[Task input]
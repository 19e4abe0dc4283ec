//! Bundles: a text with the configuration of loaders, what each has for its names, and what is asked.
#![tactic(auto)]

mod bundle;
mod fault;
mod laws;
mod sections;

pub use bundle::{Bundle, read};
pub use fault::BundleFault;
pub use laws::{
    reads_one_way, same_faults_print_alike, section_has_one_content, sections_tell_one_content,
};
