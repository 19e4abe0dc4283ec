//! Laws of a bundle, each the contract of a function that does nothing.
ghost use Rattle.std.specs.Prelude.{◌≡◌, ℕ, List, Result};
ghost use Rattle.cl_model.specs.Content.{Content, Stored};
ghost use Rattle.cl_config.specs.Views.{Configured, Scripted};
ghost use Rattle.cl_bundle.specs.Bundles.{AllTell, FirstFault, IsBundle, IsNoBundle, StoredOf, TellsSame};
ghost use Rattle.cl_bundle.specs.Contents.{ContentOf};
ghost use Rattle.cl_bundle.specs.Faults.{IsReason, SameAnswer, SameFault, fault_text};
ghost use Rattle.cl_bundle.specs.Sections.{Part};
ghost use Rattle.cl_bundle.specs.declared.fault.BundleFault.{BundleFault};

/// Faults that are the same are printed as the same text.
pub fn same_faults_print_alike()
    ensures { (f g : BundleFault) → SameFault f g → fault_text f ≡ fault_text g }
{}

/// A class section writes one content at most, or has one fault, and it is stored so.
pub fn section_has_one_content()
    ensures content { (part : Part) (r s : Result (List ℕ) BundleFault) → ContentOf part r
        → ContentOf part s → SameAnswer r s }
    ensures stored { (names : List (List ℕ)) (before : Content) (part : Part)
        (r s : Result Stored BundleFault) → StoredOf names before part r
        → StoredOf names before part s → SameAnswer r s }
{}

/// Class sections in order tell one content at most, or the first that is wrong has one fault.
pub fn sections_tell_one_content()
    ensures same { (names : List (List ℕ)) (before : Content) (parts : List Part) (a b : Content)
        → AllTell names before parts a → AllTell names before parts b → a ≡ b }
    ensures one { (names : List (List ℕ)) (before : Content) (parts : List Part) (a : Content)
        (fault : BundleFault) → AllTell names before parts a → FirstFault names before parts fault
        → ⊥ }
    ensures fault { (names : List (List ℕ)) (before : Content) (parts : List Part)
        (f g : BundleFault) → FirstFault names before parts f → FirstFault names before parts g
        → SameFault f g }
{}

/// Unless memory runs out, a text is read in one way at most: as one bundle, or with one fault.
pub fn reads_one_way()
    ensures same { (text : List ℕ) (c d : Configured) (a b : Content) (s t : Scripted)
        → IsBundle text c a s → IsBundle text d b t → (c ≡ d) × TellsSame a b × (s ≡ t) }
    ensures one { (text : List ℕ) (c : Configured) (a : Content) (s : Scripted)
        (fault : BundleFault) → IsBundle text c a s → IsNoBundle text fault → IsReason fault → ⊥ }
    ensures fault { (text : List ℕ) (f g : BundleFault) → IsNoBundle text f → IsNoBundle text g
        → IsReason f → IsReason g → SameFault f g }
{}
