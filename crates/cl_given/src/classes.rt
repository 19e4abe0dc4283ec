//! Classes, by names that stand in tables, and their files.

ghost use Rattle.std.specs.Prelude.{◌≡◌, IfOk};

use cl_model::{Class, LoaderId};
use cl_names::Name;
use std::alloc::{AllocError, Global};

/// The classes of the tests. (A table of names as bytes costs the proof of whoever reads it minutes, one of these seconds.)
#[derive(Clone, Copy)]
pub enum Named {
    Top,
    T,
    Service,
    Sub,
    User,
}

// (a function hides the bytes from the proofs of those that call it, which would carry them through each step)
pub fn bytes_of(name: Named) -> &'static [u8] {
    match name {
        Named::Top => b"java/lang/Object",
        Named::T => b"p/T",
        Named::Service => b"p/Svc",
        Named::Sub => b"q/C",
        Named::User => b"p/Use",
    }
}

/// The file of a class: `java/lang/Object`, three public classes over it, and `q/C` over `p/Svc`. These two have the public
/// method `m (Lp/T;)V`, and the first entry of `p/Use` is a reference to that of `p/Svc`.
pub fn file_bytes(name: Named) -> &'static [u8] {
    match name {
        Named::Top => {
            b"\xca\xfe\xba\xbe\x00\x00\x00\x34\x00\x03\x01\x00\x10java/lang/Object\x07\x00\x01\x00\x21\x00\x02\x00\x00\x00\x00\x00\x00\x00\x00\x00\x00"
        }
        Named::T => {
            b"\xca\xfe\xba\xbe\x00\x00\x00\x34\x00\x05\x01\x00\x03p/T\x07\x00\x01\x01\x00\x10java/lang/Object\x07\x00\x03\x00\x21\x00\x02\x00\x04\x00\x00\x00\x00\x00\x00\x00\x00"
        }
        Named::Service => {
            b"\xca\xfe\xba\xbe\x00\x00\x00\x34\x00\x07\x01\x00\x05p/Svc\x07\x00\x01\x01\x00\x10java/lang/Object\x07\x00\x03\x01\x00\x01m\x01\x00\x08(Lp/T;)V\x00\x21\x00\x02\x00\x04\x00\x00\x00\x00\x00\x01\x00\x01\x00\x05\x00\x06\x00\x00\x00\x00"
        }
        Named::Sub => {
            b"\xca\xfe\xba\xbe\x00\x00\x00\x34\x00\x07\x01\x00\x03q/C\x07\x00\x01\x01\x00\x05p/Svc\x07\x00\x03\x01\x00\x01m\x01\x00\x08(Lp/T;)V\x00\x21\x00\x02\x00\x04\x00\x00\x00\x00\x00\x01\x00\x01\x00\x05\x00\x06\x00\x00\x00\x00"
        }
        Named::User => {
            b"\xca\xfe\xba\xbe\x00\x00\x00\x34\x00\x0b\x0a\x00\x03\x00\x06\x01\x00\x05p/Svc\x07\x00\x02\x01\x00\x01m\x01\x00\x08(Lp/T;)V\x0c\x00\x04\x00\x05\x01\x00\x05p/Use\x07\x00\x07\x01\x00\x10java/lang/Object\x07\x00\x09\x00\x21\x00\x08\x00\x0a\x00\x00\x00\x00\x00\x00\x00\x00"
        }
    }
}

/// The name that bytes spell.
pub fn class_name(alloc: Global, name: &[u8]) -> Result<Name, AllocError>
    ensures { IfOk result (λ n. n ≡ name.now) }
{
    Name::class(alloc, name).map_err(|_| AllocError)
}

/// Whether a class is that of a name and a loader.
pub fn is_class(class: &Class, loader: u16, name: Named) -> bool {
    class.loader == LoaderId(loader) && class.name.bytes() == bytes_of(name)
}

[Task item] If a line contains the word "IfOk", count it; give the total for the entries above and nothing else.

[Exercise result] 2